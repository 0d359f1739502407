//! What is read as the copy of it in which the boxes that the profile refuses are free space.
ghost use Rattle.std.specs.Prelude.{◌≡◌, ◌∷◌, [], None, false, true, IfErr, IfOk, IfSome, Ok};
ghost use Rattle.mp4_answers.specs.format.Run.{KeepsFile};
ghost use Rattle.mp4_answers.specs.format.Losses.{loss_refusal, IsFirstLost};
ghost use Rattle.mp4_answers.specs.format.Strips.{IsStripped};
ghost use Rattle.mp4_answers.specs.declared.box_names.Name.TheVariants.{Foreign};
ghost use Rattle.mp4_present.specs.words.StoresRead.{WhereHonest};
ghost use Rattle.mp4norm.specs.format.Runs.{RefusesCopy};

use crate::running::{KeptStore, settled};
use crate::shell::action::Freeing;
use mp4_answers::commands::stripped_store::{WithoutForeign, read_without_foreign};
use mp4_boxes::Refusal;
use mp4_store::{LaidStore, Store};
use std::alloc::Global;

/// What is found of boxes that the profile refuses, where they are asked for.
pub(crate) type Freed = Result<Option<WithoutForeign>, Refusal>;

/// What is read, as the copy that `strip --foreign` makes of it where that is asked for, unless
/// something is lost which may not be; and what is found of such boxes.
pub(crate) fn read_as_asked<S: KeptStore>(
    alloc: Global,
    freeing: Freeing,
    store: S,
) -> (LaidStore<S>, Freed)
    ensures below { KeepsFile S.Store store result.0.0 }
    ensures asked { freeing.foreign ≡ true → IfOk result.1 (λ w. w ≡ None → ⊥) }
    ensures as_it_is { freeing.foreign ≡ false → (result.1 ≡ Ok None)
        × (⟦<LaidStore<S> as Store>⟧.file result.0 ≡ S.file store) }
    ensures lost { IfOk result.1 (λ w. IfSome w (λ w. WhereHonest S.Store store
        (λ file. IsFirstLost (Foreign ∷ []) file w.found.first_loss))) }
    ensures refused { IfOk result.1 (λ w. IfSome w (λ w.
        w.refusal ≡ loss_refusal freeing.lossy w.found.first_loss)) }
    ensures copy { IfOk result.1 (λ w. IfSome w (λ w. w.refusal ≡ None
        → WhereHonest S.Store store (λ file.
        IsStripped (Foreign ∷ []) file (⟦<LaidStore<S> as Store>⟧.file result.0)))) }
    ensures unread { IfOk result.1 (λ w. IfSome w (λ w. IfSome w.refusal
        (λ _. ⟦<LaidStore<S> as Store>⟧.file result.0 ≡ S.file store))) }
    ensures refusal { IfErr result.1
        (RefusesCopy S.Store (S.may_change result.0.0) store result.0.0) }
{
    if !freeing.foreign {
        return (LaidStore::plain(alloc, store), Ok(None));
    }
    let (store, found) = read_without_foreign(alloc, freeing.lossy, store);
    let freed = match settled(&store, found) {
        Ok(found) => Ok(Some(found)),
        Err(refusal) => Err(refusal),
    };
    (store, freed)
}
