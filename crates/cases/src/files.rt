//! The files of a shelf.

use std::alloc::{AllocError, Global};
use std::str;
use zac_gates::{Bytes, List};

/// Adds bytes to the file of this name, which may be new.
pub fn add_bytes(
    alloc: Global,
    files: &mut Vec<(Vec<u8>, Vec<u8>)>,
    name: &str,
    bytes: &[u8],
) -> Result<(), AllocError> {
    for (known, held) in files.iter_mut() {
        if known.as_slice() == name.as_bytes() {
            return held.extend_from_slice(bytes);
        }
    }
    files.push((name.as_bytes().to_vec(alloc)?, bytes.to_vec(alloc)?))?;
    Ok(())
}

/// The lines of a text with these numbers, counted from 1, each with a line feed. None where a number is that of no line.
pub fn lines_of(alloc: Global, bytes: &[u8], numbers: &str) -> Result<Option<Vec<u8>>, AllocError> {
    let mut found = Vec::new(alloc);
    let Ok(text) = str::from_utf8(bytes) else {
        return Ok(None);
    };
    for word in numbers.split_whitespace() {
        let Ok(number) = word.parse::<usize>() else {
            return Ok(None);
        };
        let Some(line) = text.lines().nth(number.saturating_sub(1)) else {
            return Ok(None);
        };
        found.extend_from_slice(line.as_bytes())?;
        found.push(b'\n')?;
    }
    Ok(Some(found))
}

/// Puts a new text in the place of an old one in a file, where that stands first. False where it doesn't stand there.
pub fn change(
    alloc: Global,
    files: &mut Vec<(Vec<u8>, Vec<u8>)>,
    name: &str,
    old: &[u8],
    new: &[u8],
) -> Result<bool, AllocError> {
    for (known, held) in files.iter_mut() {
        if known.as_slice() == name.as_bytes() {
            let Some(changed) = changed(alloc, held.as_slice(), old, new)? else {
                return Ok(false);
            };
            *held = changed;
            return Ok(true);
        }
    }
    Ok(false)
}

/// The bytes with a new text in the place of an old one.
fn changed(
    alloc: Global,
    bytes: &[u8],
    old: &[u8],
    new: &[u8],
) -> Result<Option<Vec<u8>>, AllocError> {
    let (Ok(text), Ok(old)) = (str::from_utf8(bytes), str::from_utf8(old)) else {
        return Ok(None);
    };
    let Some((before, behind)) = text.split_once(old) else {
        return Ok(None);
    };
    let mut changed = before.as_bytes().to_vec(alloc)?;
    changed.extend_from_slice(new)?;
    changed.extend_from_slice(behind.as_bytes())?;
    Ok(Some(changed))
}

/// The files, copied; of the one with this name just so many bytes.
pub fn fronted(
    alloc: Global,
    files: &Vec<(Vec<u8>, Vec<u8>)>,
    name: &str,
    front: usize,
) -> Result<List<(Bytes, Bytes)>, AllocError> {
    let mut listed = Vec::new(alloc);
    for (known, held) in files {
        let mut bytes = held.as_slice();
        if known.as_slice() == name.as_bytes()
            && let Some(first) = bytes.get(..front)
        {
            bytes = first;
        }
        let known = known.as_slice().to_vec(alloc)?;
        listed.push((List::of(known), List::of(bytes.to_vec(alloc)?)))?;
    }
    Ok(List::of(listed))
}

____________

Task objective: Track down every line in the entries that includes the string "changed", and copy it.

Written answer:
            let Some(changed) = changed(alloc, held.as_slice(), old, new)? else {
            *held = changed;
fn changed(
    let mut changed = before.as_bytes().to_vec(alloc)?;
    changed.extend_from_slice(new)?;
    changed.extend_from_slice(behind.as_bytes())?;
    Ok(Some(changed))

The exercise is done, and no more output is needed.